“A História é uma velhota, que se repete sem cessar”, Eça de Queirós (1845-1900)

Diz o povo, na sua imensa sabedoria, que a “História sempre se repete”. De facto, e se formos analisar alguns sectores (particularmente a moda), verificamos que as tendências se repetem de forma cíclica, no entanto, é a inépcia, a incapacidade, a incompetência e a voracidade do Homem, que travam as necessárias inovações ou ajustamentos aos tempos em que vai vivendo. Outras vezes, é a constituição dos Homens que “não deixa” que se produzam alterações, perpetuando desmandos e atentados a um são desenvolvimento.

Vem isto a propósito de uma carta que o Infante D. Pedro, irmão do Infante D. Henrique e filho de D. João I e D. Filipa de Lencastre, escreveu a seu irmão D. Duarte, que sucedeu no trono ao seu pai D. João I.

D. Pedro viajou muito pela Europa, conheceu muito do que era a realidade política, cultural e social das cortes europeias da época. A carta que ficou conhecida como a Carta de Bruges, a qual resumia os grandes temas sociais e políticos, e as fortes indicações para transpor o imobilismo e a passividade e efectuar novas reformas, no sentido de ultrapassar as circunstâncias pontuais da administração pública e dos serviços públicos.

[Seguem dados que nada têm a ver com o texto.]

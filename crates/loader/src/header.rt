//! The header of a CSV file: which field is which column's.
ghost use Rattle.std.specs.Prelude.{◌≡◌, ◌==◌, true, map, count_by, position, unwrap_or, option_map, slice_get, IfOk, IfErr, ◌≢◌};
ghost use Rattle.std.specs.List.{list_all};
ghost use Rattle.csv.specs.Records.{fields_of};
ghost use Rattle.meaning.specs.Records as declared;
ghost use Rattle.meaning.specs.Wanting.{ReportsIfMemory};
ghost use Rattle.loader.specs.Fault.{fault_returned};
ghost use Rattle.loader.specs.declared.fault.LoadFault.TheVariants.{Device};
ghost use Rattle.loader.specs.Steps.{inverse_order, has_each, is_in_order, names_one, order_of};

use crate::fault::LoadFault;
use csv::ByteRecord;
use meaning::{Column, TableFault};
use std::alloc::{AllocError, Global};
use std::mem::drop;

/// How the columns of a file stand to those of the catalogue.
#[derive(Drop)]
pub struct FileOrder {
    /// Which column of the catalogue each field has.
    pub columns: Vec<usize>,
    /// The field of each column of the catalogue.
    pub fields: Vec<usize>,
    /// Whether the fields have the order of the catalogue.
    pub in_order: bool,
    ghost inverse: { fields.items ≡ inverse_order columns.items },
    ghost each: { has_each columns.items ≡ true },
    ghost ordered: { in_order ≡ is_in_order columns.items },
}

fn names(field: &[u8], column: &Column) -> bool
    ensures { result ≡ declared.names field.now column.now }
{
    field.eq_ignore_ascii_case(column.name.as_bytes())
}

/// A field, by its index.
pub fn field_at(row: &ByteRecord, i: usize) -> Option<&[u8]>
    ensures { option_map (λ field. field.now) result ≡ slice_get (fields_of row.now) i }
{
    row.get(i)
}

fn fields_in(alloc: Global, row: &ByteRecord) -> Result<Vec<&[u8]>, AllocError>
    ensures { IfOk result (λ found. map (λ field. field.now) found.items ≡ fields_of row.now) }
{
    let mut fields = Vec::new(alloc);
    for i in 0..row.len() {
        let Some(field) = field_at(row, i) else {
            break;
        };
        fields.push(field)?;
    }
    Ok(fields)
}

fn is_named_once(column: &Column, header: &[&[u8]]) -> bool
    ensures { result ≡ (count_by (λ field. declared.names field column.now)
        (map (λ field. field.now) header.now) == 1) }
{
    header.iter().filter(|field| names(field, column)).count() == 1
}

fn are_named_once(columns: &[Column], header: &[&[u8]]) -> bool
    ensures { result ≡ list_all
        (λ c. count_by (λ field. declared.names field c) (map (λ field. field.now) header.now) == 1)
        columns.now }
{
    columns.iter().all(|column| is_named_once(column, header))
}

#[tactic(auto, unfolding(crate::specs::Steps::names_one))]
fn names_one(columns: &[Column], field: &[u8]) -> bool
    ensures { result ≡ names_one columns.now field.now }
{
    columns.iter().filter(|column| names(field, column)).count() == 1
}

fn single_names(columns: &[Column], header: &[&[u8]]) -> usize
    ensures { result ≡ count_by (names_one columns.now) (map (λ field. field.now) header.now) }
{
    header
        .iter()
        .filter(|field| names_one(columns, field))
        .count()
}

fn name_one_each(columns: &[Column], header: &[&[u8]]) -> bool
    ensures { result ≡ list_all (names_one columns.now) (map (λ field. field.now) header.now) }
{
    single_names(columns, header) == header.len()
}

#[tactic(auto, unfolding(crate::specs::Steps::names_one))]
fn is_header(columns: &[Column], header: &[&[u8]]) -> bool
    ensures { result ≡ declared.is_header columns.now (map (λ field. field.now) header.now) }
{
    header.len() == columns.len()
        && are_named_once(columns, header)
        && name_one_each(columns, header)
}

fn column_named(columns: &[Column], field: &[u8]) -> Option<usize>
    ensures { result ≡ position (declared.names field.now) columns.now }
{
    columns.iter().position(|column| names(field, column))
}

fn file_order(alloc: Global, columns: &[Column], header: &[&[u8]]) -> Result<Vec<usize>, AllocError>
    ensures { IfOk result (λ order. order.items
        ≡ declared.file_order columns.now (map (λ field. field.now) header.now)) }
{
    header
        .iter()
        .map(|field| column_named(columns, field).unwrap_or(0))
        .collect(alloc)
}

fn field_of(order: &[usize], index: usize) -> Option<usize>
    ensures { result ≡ position (λ p. p == index) order.now }
{
    order.iter().position(|p| *p == index)
}

fn inverse_order(alloc: Global, order: &[usize]) -> Result<Vec<usize>, AllocError>
    ensures { IfOk result (λ fields. fields.items ≡ inverse_order order.now) }
{
    (0..order.len())
        .map(|index| field_of(order, index).unwrap_or(0))
        .collect(alloc)
}

fn is_in_order(order: &[usize]) -> bool
    ensures { result ≡ is_in_order order.now }
{
    order.iter().enumerate().all(|(i, index)| *index == i)
}

/// Columns of the catalogue in the order of the fields, with the way back.
fn with_inverse(alloc: Global, columns: Vec<usize>) -> Result<FileOrder, AllocError>
    requires each { has_each columns.items ≡ true }
    ensures { IfOk result (λ order. order.columns.items ≡ columns.items) }
{
    let in_order = is_in_order(&columns);
    match inverse_order(alloc, &columns) {
        Ok(fields) => Ok(FileOrder {
            columns,
            fields,
            in_order,
        }),
        Err(fault) => {
            drop(columns);
            Err(fault)
        }
    }
}

/// The order of the columns that the fields of a header name.
fn order_by(alloc: Global, columns: &[Column], header: &[&[u8]]) -> Result<FileOrder, LoadFault>
    ensures read { ReportsIfMemory fault_returned (λ order. order.columns.items) result
        (order_of columns.now (map (λ field. field.now) header.now)) }
    ensures refused { IfErr result (λ f. f ≢ Device) }
{
    if !is_header(columns, header) {
        return Err(LoadFault::Table(TableFault::Header));
    }
    let order = file_order(alloc, columns, header)?;
    Ok(with_inverse(alloc, order)?)
}

/// The order of the columns that a header names.
pub fn order_of(
    alloc: Global,
    columns: &[Column],
    header: &ByteRecord,
) -> Result<FileOrder, LoadFault>
    ensures read { ReportsIfMemory fault_returned (λ order. order.columns.items) result
        (order_of columns.now (fields_of header.now)) }
    ensures refused { IfErr result (λ f. f ≢ Device) }
{
    let header = fields_in(alloc, header)?;
    let order = order_by(alloc, columns, header.as_slice());
    drop(header);
    order
}
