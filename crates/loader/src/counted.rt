//! How many records a text has, as far as it was gone through.
ghost use Rattle.std.specs.Prelude.{◌≡◌, ◌<◌, ◌^◌, ◌++◌, [], ℕ, List, length, IfOk, IfErr};
ghost use Rattle.csv.specs.declared.parser.State.TheVariants as st;
ghost use Rattle.loader.specs.Counting.{counted_with, records_left};
ghost use Rattle.loader.specs.declared.fault.LoadFault.TheVariants.{Memory};

use crate::blocks::count_block;
use crate::fault::LoadFault;
use crate::record_state::RecordState;

/// How many records ended so far, and the state behind them.
#[derive(Clone, Copy)]
pub struct Counted {
    pub records: u64,
    pub state: RecordState,
}

impl Counted {
    /// The first bytes of a text.
    pub fn of_front(front: &[u8]) -> Counted
        requires { length front.now < 2 ^ 32 }
        ensures { (rest : List ℕ)
            → counted_with result rest ≡ records_left st.StartRecord (front.now ++ rest) }
    {
        let ended = count_block(RecordState::Between, front);
        Counted {
            records: u64::from(ended.records),
            state: ended.state,
        }
    }

    /// With the records that end in a block. More than 64 bits count are refused as out of memory:
    /// no file has as many.
    pub fn with_block(self, block: &[u8]) -> Result<Counted, LoadFault>
        requires { length block.now < 2 ^ 32 }
        ensures counted { IfOk result (λ after. (rest : List ℕ)
            → counted_with after rest ≡ counted_with self (block.now ++ rest)) }
        ensures refused { IfErr result (λ f. f ≡ Memory) }
    {
        let ended = count_block(self.state, block);
        match self.records.checked_add(u64::from(ended.records)) {
            Some(records) => Ok(Counted {
                records,
                state: ended.state,
            }),
            None => Err(LoadFault::Memory),
        }
    }

    /// All records, with the one that the end of the text ends.
    pub fn at_end(self) -> Result<u64, LoadFault>
        ensures counted { IfOk result (λ n. n ≡ counted_with self []) }
        ensures refused { IfErr result (λ f. f ≡ Memory) }
    {
        match self.records.checked_add(u64::from(self.state.is_open())) {
            Some(records) => Ok(records),
            None => Err(LoadFault::Memory),
        }
    }
}
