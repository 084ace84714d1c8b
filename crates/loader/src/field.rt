//! One field: the value that it encodes in its column.
ghost use Rattle.std.specs.Prelude.{◌≡◌, true, IfSome, Some};
ghost use Rattle.std.specs.Str.{is_utf8};
ghost use Rattle.meaning.specs.declared.value.ColType.TheVariants as of_type;
ghost use Rattle.meaning.specs.Records as declared;
ghost use Rattle.loader.specs.Steps.{IsShortNumber, ReadsField};

use meaning::{ColType, Column, MAX_TEXT_BYTES, TableFault, text_of};

/// The most digits that surely stay within 64 bits.
const SURE_DIGITS: usize = 18;

/// The value of a field. A text is the field itself, which is then UTF-8.
#[derive(Clone, Copy)]
pub enum Parsed {
    Null,
    Int(i64),
    Text,
}

#[inline(always)]
fn spells_null(field: &[u8]) -> bool
    ensures { result ≡ declared.spells_null field.now }
{
    field.is_empty() || field == b"\\N".as_slice()
}

/// The number of 1 to 18 digits; none where something else stands.
#[inline(always)]
fn short_number(digits: &[u8]) -> Option<u64>
    ensures { IfSome result (IsShortNumber digits.now) }
{
    let count = digits.len();
    if count == 0 || count > SURE_DIGITS {
        return None;
    }
    let mut number = 0u64;
    for digit in digits {
        if !digit.is_ascii_digit() {
            return None;
        }
        number = number * 10 + u64::from(*digit - b'0');
    }
    Some(number)
}

/// The integer of a text of 1 to 18 digits, with a minus in front or none. Most integers are so.
#[inline(always)]
fn short_integer(text: &[u8]) -> Option<i64>
    ensures { IfSome result (λ n. declared.integer_of text.now ≡ Some n) }
{
    match text.first() {
        Some(b'-') => Some(-(short_number(&text[1..])? as i64)),
        _ => Some(short_number(text)? as i64),
    }
}

/// The same for a column of a kind; none in a column of texts.
#[inline(always)]
fn short_value(kind: ColType, text: &[u8]) -> Option<i64>
    ensures { IfSome result (λ n. (kind ≡ of_type.Int) × (declared.integer_of text.now ≡ Some n)) }
{
    match kind {
        ColType::Int => short_integer(text),
        ColType::Text => None,
    }
}

fn integer_in(text: &str) -> Option<i64>
    ensures { result ≡ declared.integer_of text.now }
{
    text.parse::<i64>().ok()
}

#[cold]
#[inline(never)]
fn integer_of(field: &[u8]) -> Option<i64>
    requires { is_utf8 field.now ≡ true }
    ensures { result ≡ declared.integer_of field.now }
{
    let Some(text) = text_of(field) else {
        unreachable!()
    };
    integer_in(text)
}

#[inline(always)]
fn present_value(kind: ColType, row: u64, column: u64, field: &[u8]) -> Result<Parsed, TableFault>
    requires { is_utf8 field.now ≡ true }
    ensures { ReadsField field.now result (declared.present_value kind row column field.now) }
{
    match kind {
        ColType::Int => match integer_of(field) {
            Some(number) => Ok(Parsed::Int(number)),
            None => Err(TableFault::NotAnInteger { row, column }),
        },
        ColType::Text if field.len() > MAX_TEXT_BYTES => {
            Err(TableFault::TextTooLong { row, column })
        }
        ColType::Text => Ok(Parsed::Text),
    }
}

#[inline(always)]
fn not_null_value(kind: ColType, row: u64, column: u64, field: &[u8]) -> Result<Parsed, TableFault>
    ensures { ReadsField field.now result (declared.not_null_value kind row column field.now) }
{
    match kind {
        ColType::Int => Err(TableFault::NullNotAllowed { row, column }),
        ColType::Text => Ok(Parsed::Text),
    }
}

/// The value of a field that is UTF-8. Rows and columns count from 0, columns in the order of
/// the catalogue.
#[inline(always)]
pub fn judge_text(row: u64, index: u64, column: &Column, field: &[u8]) -> Result<Parsed, TableFault>
    requires { is_utf8 field.now ≡ true }
    ensures { ReadsField field.now result (declared.field_value row index column.now field.now) }
{
    if let Some(number) = short_value(column.col_type, field) {
        return Ok(Parsed::Int(number));
    }
    if !spells_null(field) {
        return present_value(column.col_type, row, index, field);
    }
    if column.nullable {
        return Ok(Parsed::Null);
    }
    not_null_value(column.col_type, row, index, field)
}

/// The same of a field that may be no text.
pub fn judge_field(
    row: u64,
    index: u64,
    column: &Column,
    field: &[u8],
) -> Result<Parsed, TableFault>
    ensures { ReadsField field.now result (declared.field_value row index column.now field.now) }
{
    if text_of(field).is_none() {
        return Err(TableFault::NotUtf8 { row, column: index });
    }
    judge_text(row, index, column, field)
}
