//! Records one after the other, from any reader.
ghost use Rattle.std.specs.Prelude.{◌≡◌, ℕ, List, Some, IfOk, IfErr};
ghost use Rattle.csv.specs.Records.{fields_of};
ghost use Rattle.meaning.specs.Records.{Record};
ghost use Rattle.loader.specs.Fault.{IsOutside};
ghost use Rattle.loader.specs.Source.{IsLeft, TakesNext, csv_records};

use crate::fault::LoadFault;
use csv::{ByteRecord, Error, ErrorKind, Reader, ReaderBuilder};
use std::alloc::Global;
use std::io::Read;

/// A reader of the records of a CSV file. One byte order mark in front is passed over, and records
/// may be of different lengths.
pub fn csv_reader<R: Read>(alloc: Global, reader: R) -> Reader<R>
    ensures { (bytes : List ℕ) → R.remaining reader ≡ Some bytes
        → IsLeft R.remaining result (csv_records bytes) }
{
    ReaderBuilder::new()
        .has_headers(false)
        .flexible(true)
        .from_reader(alloc, reader)
}

/// Out of memory, or the fault of the reader underneath.
fn fault_of(error: Error) -> LoadFault
    ensures { IsOutside result }
{
    match error.kind() {
        ErrorKind::Io(_) => LoadFault::Device,
        _ => LoadFault::Memory,
    }
}

/// The next record into `row`, whose buffers are used again, and whether there was one.
pub fn next_record<R: Read>(reader: &mut Reader<R>, row: &mut ByteRecord) -> Result<bool, LoadFault>
    ensures taken { IfOk result (λ found. (rest : List Record) → IsLeft R.remaining reader.old rest
        → TakesNext R.remaining reader.new rest found (fields_of row.new)) }
    ensures refused { IfErr result IsOutside }
{
    match reader.read_byte_record(row) {
        Ok(found) => Ok(found),
        Err(error) => Err(fault_of(error)),
    }
}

Sublinha a urgência de eliminar os parasitas que se adaptam a todos os governos e se consideram intocáveis, sobretudo por linhagem familiar ou imposições partidárias. Desta forma, D. Pedro incutia no irmão D. Duarte a necessidade em não hesitar em manter uma conduta de rectidão, coerência e, sobretudo, coragem moral e política.

Segundo D. Pedro, o governo do Estado deveria alicerçar-se em quatro pontos distintos e importantes: era preciso evitar o despovoamento, diminuindo os tributos que pesam sobre o povo; medidas que garantam um salário fixo e decente, cuja finalidade seria a de evitar os abusos que são cometidos para assegurar a subsistência; o número exagerado das pessoas que fazem parte da Casa do Rei e dos príncipes, de onde decorrem despesas exageradas que recaem sobre o povo, sobre a forma de impostos, acrescentando, que toda a gente ambiciona viver na Corte, sem que se lhe conheça outra actividade.

Por último, a justiça. Escrevia ele para o seu irmão, que a justiça tem duas partes: uma, é dar a cada um o que é seu; a outra refere-se àqueles que tarde vencem… ficam vencidos.

Decorridos que estão quase 600 anos sobre a Carta de Bruges (1426), e analisando a realidade portuguesa de hoje, percebemos que os seus objectivos continuam por cumprir. O que está em crise há alguns séculos é o português. O nosso grande mal é uma doença de vontade, o desalento, o pessimismo, o abandono fatalista, uma inerte cobardia e a falta de confiança no esforço próprio.

Muito se em falado da falta de políticos de qualidade em Portugal (e na Europa também), que possam ter a visão estratégica e o golpe de asa para conseguirem guindar o país a um patamar de abundância, de respeito cívico, de desenvolvimento, de cidadania e urbanidade, onde não exista espaço para os vícios da rotina, o favoritismo descarado, a subserviência política, os vespeiros da intriga, a corrupção generalizada, a lentidão da justiça, de tudo quanto tem impedido um projecto para Portugal voltado para o futuro.

Tudo isto não se resolve por Decreto. Resolve-se com uma regeneração de mentalidades e de ADN. Para tal, a Educação tem um papel essencial e maximizador. Caso não tenhamos a capacidade para alcançar essa regeneração, estaremos condenados a mais 600 anos de escaras sociais, lama, opacidade e um duro sofrimento, sobretudo por aqueles que “não frequentam a Corte ou os corredores do Poder”.